### WHAT YOU SHOULD DO
Only an exact copy of the lines beginning at the one that contains "first of them." and ending at the last line of the records below counts as the answer.

### Data excerpts
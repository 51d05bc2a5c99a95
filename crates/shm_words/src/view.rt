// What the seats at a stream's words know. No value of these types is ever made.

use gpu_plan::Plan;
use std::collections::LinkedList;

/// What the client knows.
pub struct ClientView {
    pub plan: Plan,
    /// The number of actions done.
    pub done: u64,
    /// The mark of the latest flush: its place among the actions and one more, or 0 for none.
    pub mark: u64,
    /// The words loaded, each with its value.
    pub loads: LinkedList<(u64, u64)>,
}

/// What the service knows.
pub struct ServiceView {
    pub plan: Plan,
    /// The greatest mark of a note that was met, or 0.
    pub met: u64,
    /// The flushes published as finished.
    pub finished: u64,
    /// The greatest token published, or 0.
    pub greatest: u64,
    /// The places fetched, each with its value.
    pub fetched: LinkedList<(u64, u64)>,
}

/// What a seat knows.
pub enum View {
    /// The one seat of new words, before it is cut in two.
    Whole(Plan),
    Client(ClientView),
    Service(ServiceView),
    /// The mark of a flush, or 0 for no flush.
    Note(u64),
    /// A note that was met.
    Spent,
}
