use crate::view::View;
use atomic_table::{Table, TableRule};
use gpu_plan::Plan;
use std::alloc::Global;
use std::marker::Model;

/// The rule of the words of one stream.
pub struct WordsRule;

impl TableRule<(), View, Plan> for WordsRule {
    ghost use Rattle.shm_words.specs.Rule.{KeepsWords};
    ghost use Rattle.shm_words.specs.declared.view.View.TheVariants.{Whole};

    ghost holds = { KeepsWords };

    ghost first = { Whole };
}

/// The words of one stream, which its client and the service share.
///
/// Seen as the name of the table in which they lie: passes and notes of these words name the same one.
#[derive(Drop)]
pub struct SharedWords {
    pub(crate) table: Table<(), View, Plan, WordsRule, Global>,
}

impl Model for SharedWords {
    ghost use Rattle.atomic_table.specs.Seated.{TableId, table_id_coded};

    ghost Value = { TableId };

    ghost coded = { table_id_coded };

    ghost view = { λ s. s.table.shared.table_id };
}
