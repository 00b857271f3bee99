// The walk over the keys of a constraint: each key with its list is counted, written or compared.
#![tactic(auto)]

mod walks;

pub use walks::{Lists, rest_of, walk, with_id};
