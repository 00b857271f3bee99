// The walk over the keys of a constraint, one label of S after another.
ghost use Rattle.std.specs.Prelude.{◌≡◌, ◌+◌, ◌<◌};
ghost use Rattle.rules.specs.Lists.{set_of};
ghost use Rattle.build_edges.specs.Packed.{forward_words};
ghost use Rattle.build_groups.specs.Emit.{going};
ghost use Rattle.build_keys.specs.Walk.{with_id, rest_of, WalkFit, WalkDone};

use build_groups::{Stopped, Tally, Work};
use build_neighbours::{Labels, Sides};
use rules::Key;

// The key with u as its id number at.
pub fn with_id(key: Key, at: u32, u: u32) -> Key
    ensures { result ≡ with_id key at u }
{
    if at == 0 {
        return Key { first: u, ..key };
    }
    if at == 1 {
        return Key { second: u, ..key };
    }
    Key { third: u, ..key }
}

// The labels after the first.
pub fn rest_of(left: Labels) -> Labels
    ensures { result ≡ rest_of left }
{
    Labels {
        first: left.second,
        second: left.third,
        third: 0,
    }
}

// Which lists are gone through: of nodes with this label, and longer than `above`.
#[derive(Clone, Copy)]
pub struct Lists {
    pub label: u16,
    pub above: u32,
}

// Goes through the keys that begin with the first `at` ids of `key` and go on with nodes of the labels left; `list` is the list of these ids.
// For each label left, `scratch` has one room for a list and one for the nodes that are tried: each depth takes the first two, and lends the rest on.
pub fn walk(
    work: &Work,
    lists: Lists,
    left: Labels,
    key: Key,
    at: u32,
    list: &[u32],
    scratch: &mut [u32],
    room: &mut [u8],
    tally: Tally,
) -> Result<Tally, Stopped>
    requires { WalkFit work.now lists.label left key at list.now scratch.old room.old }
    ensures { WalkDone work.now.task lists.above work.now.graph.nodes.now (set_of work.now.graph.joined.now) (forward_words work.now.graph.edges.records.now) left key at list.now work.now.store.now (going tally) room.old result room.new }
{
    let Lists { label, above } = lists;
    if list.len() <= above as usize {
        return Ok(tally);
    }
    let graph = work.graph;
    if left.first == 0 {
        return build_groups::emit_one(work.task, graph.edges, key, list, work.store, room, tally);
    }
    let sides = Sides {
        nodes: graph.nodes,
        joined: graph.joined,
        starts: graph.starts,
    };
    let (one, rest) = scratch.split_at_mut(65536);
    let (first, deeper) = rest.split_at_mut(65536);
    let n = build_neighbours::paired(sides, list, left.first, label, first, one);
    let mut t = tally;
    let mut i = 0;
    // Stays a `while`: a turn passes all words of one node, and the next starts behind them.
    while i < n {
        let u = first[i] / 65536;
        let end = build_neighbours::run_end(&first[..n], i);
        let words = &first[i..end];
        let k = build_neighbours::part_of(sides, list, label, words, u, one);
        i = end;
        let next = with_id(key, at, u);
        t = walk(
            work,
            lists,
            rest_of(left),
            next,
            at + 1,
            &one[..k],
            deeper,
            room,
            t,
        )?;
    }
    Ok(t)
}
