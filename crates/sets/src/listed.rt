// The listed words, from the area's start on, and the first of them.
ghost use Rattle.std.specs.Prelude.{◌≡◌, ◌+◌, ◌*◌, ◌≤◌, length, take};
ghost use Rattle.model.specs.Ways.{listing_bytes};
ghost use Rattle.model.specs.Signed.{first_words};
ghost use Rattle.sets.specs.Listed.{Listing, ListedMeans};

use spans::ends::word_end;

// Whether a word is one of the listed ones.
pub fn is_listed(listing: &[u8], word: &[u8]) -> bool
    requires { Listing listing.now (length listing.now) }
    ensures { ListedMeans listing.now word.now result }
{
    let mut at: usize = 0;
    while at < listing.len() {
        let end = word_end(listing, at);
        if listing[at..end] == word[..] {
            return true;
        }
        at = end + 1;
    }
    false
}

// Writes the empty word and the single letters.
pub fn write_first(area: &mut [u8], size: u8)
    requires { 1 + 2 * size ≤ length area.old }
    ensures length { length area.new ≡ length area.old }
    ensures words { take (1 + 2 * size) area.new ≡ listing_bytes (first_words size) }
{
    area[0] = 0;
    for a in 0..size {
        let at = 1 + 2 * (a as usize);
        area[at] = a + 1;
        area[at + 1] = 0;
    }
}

### ANSWER SPACE
// The listed words, from the area's start on, and the first of them.
ghost use Rattle.std.specs.Prelude.{◌≡◌, ◌+◌, ◌*◌, ◌≤◌, length, take};
ghost use Rattle.model.specs.Ways.{listing_bytes};
ghost use Rattle.model.specs.Signed.{first_words};
ghost use Rattle.sets.specs.Listed.{Listing, ListedMeans};

use spans::ends::word_end;

// Whether a word is one of the listed ones.
pub fn is_listed(listing: &[u8], word: &[u8]) -> bool
    requires { Listing listing.now (length listing.now) }
    ensures { ListedMeans listing.now word.now result }
{
    let mut at: usize = 0;
    while at < listing.len() {
        let end = word_end(listing, at);
        if listing[at..end] == word[..] {
            return true;
        }
        at = end + 1;
    }
    false
}

// Writes the empty word and the single letters.
pub fn write_first(area: &mut [u8], size: u8)
    requires { 1 + 2 * size ≤ length area.old }
    ensures length { length area.new ≡ length area.old }
    ensures words { take (1 + 2 * size) area.new ≡ listing_bytes (first_words size) }
{
    area[0] = 0;
    for a in 0..size {
        let at = 1 + 2 * (a as usize);
        area[at] = a + 1;
        area[at + 1] = 0;
    }
}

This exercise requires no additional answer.